Copy all entries exactly.

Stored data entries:
────────

//! The model of certificates: rows that prove a table least for its routes, whoever wrote them.
//!
//! The definitions stand in `specs/`. Each function here is a law: it does nothing, and its clause holds for all values.
#![tactic(auto)]

mod kind;
mod packed;
mod row;
mod sink;

ghost use Rattle.std.specs.Prelude.{◌≡◌, ◌≢◌, ◌<◌, ◌≤◌, ℕ, ◌↔◌, List, Bool, Some, None, length};
ghost use Rattle.std.specs.List.{AllByRecursion, IsDistinct};
ghost use Rattle.std.specs.Map.{keys_of};
ghost use Rattle.table_model.specs.Width.{width};
ghost use Rattle.table_model.specs.Address.{Address, same_prefix};
ghost use Rattle.table_model.specs.declared.family.Family.{Family};
ghost use Rattle.table_model.specs.Table.{Table, IsTable, Alike};
ghost use Rattle.table_model.specs.Entries.{Entries, of_family, match_in, AlikeInBoth};
ghost use Rattle.table_model.specs.Least.{Least};
ghost use Rattle.table_model.specs.Both.{LeastInBoth};
ghost use Rattle.fib_addr.specs.Answers.{one_answer};
ghost use Rattle.cert_model.specs.Rows.{CertRow, whole_prefix, certificate_of};
ghost use Rattle.cert_model.specs.Right.{IsRight, bound_by, IsCertificate};
ghost use Rattle.cert_model.specs.Renamed.{renamed, renamed_rows, hops_of_entries, KeepsApart};
ghost use Rattle.cert_model.specs.Verdict.{No, NotSame, IsLeastDiffering, RowFits, twice, not_same, too_many_in, verdict};

pub use packed::PackedRow;
pub use row::Row;
pub use sink::RowSink;

/// The one answer of a region is found if there is one.
pub fn one_answer_law()
    ensures { (d : ℕ) (f : List Bool → ℕ) (h : ℕ) → (one_answer d f ≡ Some h)
        ↔ ((a : List Bool) → length a ≡ d → f a ≡ h) }
{}

/// By the rules for sets and k, an alike table with at most the bound's entries is least.
pub fn certificate_law()
    ensures { (R T : Entries) (f : Family) (S : List ℕ) (k : ℕ) → IsRight R (whole_prefix f) S k → Alike (width f) (of_family f R) (of_family f T) →
        length (of_family f T) ≤ bound_by S k → Least (width f) (of_family f R) (of_family f T) }
{}

/// A certificate proves its table least in both families, whoever wrote it.
pub fn soundness_law()
    ensures { (R T : Entries) (rows : List CertRow) → IsCertificate R T rows → LeastInBoth R T }
{}

/// The rows that routes have are a certificate for each table that is least in both families.
pub fn completeness_law()
    ensures { (R T : Entries) → IsDistinct same_prefix (keys_of R) → IsDistinct same_prefix (keys_of T) → LeastInBoth R T →
        IsCertificate R T (certificate_of R) }
{}

/// No prefix stands twice exactly if all prefixes are distinct.
pub fn twice_law()
    ensures { (L : Entries) → (twice L ≡ None) ↔ IsDistinct same_prefix (keys_of L) }
{}

/// No answers differ exactly if the tables are alike in both families; else the least address that gets different answers
/// is returned, with both.
pub fn not_same_law()
    ensures none { (R T : Entries) → (not_same R T ≡ None) ↔ AlikeInBoth R T }
    ensures some { (R T : Entries) (x : No) → not_same R T ≡ Some x → (a : Address)
        × (x ≡ NotSame a (match_in R a) (match_in T a)) × IsLeastDiffering R T a }
{}

/// A table has too many entries of a family exactly if an alike table has fewer.
pub fn not_least_law()
    ensures { (R T : Entries) (f : Family) → (too_many_in R T f ≢ None) ↔
        ((L : Table) × IsTable (width f) L × Alike (width f) (of_family f R) L × (length L < length (of_family f T))) }
{}

/// Nothing is wrong exactly if the rows are a certificate.
pub fn verdict_law()
    ensures { (R T : Entries) (rows : List CertRow) → AllByRecursion RowFits rows
        → (verdict R T rows ≡ None) ↔ IsCertificate R T rows }
{}

/// The numbers of hops don't matter: other numbers make a certificate of a certificate, if 0 stays 0, and the hops of the
/// routes keep numbers that differ from each other and from 0.
pub fn renaming_law()
    ensures { (to : ℕ → ℕ) (R T : Entries) (rows : List CertRow) → to 0 ≡ 0 → KeepsApart to (hops_of_entries R) →
        IsCertificate R T rows → IsCertificate (renamed to R) (renamed to T) (renamed_rows to rows) }
{}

────────

§ RESPONSE TO THE EXERCISE
//! The model of certificates: rows that prove a table least for its routes, whoever wrote them.
//!
//! The definitions stand in `specs/`. Each function here is a law: it does nothing, and its clause holds for all values.
#![tactic(auto)]

mod kind;
mod packed;
mod row;
mod sink;

ghost use Rattle.std.specs.Prelude.{◌≡◌, ◌≢◌, ◌<◌, ◌≤◌, ℕ, ◌↔◌, List, Bool, Some, None, length};
ghost use Rattle.std.specs.List.{AllByRecursion, IsDistinct};
ghost use Rattle.std.specs.Map.{keys_of};
ghost use Rattle.table_model.specs.Width.{width};
ghost use Rattle.table_model.specs.Address.{Address, same_prefix};
ghost use Rattle.table_model.specs.declared.family.Family.{Family};
ghost use Rattle.table_model.specs.Table.{Table, IsTable, Alike};
ghost use Rattle.table_model.specs.Entries.{Entries, of_family, match_in, AlikeInBoth};
ghost use Rattle.table_model.specs.Least.{Least};
ghost use Rattle.table_model.specs.Both.{LeastInBoth};
ghost use Rattle.fib_addr.specs.Answers.{one_answer};
ghost use Rattle.cert_model.specs.Rows.{CertRow, whole_prefix, certificate_of};
ghost use Rattle.cert_model.specs.Right.{IsRight, bound_by, IsCertificate};
ghost use Rattle.cert_model.specs.Renamed.{renamed, renamed_rows, hops_of_entries, KeepsApart};
ghost use Rattle.cert_model.specs.Verdict.{No, NotSame, IsLeastDiffering, RowFits, twice, not_same, too_many_in, verdict};

pub use packed::PackedRow;
pub use row::Row;
pub use sink::RowSink;

/// The one answer of a region is found if there is one.
pub fn one_answer_law()
    ensures { (d : ℕ) (f : List Bool → ℕ) (h : ℕ) → (one_answer d f ≡ Some h)
        ↔ ((a : List Bool) → length a ≡ d → f a ≡ h) }
{}

/// By the rules for sets and k, an alike table with at most the bound's entries is least.
pub fn certificate_law()
    ensures { (R T : Entries) (f : Family) (S : List ℕ) (k : ℕ) → IsRight R (whole_prefix f) S k → Alike (width f) (of_family f R) (of_family f T) →
        length (of_family f T) ≤ bound_by S k → Least (width f) (of_family f R) (of_family f T) }
{}

/// A certificate proves its table least in both families, whoever wrote it.
pub fn soundness_law()
    ensures { (R T : Entries) (rows : List CertRow) → IsCertificate R T rows → LeastInBoth R T }
{}

/// The rows that routes have are a certificate for each table that is least in both families.
pub fn completeness_law()
    ensures { (R T : Entries) → IsDistinct same_prefix (keys_of R) → IsDistinct same_prefix (keys_of T) → LeastInBoth R T →
        IsCertificate R T (certificate_of R) }
{}

/// No prefix stands twice exactly if all prefixes are distinct.
pub fn twice_law()
    ensures { (L : Entries) → (twice L ≡ None) ↔ IsDistinct same_prefix (keys_of L) }
{}

/// No answers differ exactly if the tables are alike in both families; else the least address that gets different answers
/// is returned, with both.
pub fn not_same_law()
    ensures none { (R T : Entries) → (not_same R T ≡ None) ↔ AlikeInBoth R T }
    ensures some { (R T : Entries) (x : No) → not_same R T ≡ Some x → (a : Address)
        × (x ≡ NotSame a (match_in R a) (match_in T a)) × IsLeastDiffering R T a }
{}

/// A table has too many entries of a family exactly if an alike table has fewer.
pub fn not_least_law()
    ensures { (R T : Entries) (f : Family) → (too_many_in R T f ≢ None) ↔
        ((L : Table) × IsTable (width f) L × Alike (width f) (of_family f R) L × (length L < length (of_family f T))) }
{}

/// Nothing is wrong exactly if the rows are a certificate.
pub fn verdict_law()
    ensures { (R T : Entries) (rows : List CertRow) → AllByRecursion RowFits rows
        → (verdict R T rows ≡ None) ↔ IsCertificate R T rows }
{}

/// The numbers of hops don't matter: other numbers make a certificate of a certificate, if 0 stays 0, and the hops of the
/// routes keep numbers that differ from each other and from 0.
pub fn renaming_law()
    ensures { (to : ℕ → ℕ) (R T : Entries) (rows : List CertRow) → to 0 ≡ 0 → KeepsApart to (hops_of_entries R) →
        IsCertificate R T rows → IsCertificate (renamed to R) (renamed to T) (renamed_rows to rows) }
{}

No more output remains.